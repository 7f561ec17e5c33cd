//! Steps of a session, and their replies.

ghost use Rattle.std.specs.Prelude.{◌≡◌};

use runner::Stand;
use std::alloc::AllocError;
use tree_batch::Batch;
use version_list::{Reply, Which};

/// What is asked of a session: a batch to commit, a version to hold, a ticket to give back, a job to start, or one
/// instruction of a job. Programs and jobs are known by their numbers, from 1.
#[derive(Debug, Drop)]
pub enum SessionStep {
    Commit(Batch),
    Acquire(Which),
    Release(u64),
    /// Starts a job of a program on the version that a ticket holds, for at most n turns.
    Start {
        program: u64,
        ticket: u64,
        turns: u64,
    },
    /// Does one instruction of the job of this number.
    JobStep(u64),
}

impl Clone for SessionStep {
    ghost is_clone = { λ step copy. copy ≡ step };

    /// A copy of the step, with a batch of its own. The only error is out of memory.
    fn clone(&self) -> Result<SessionStep, AllocError> {
        Ok(match self {
            SessionStep::Commit(batch) => SessionStep::Commit(batch.clone()?),
            SessionStep::Acquire(which) => SessionStep::Acquire(*which),
            SessionStep::Release(ticket) => SessionStep::Release(*ticket),
            SessionStep::Start {
                program,
                ticket,
                turns,
            } => SessionStep::Start {
                program: *program,
                ticket: *ticket,
                turns: *turns,
            },
            SessionStep::JobStep(job) => SessionStep::JobStep(*job),
        })
    }
}

/// What a step is answered: the reply of the versions, or that the step is refused; the number of the job that was started;
/// or how a job is after its instruction.
#[derive(Clone, Copy, Debug, PartialEq, Eq)]
pub enum SessionReply {
    Of(Reply),
    Job(u64),
    Stands(Stand),
}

- - -

EXERCISE:
For the string "JobStep", count every line of the material where it appears and state only the count.

SOLUTION FOR THIS PROBLEM:
2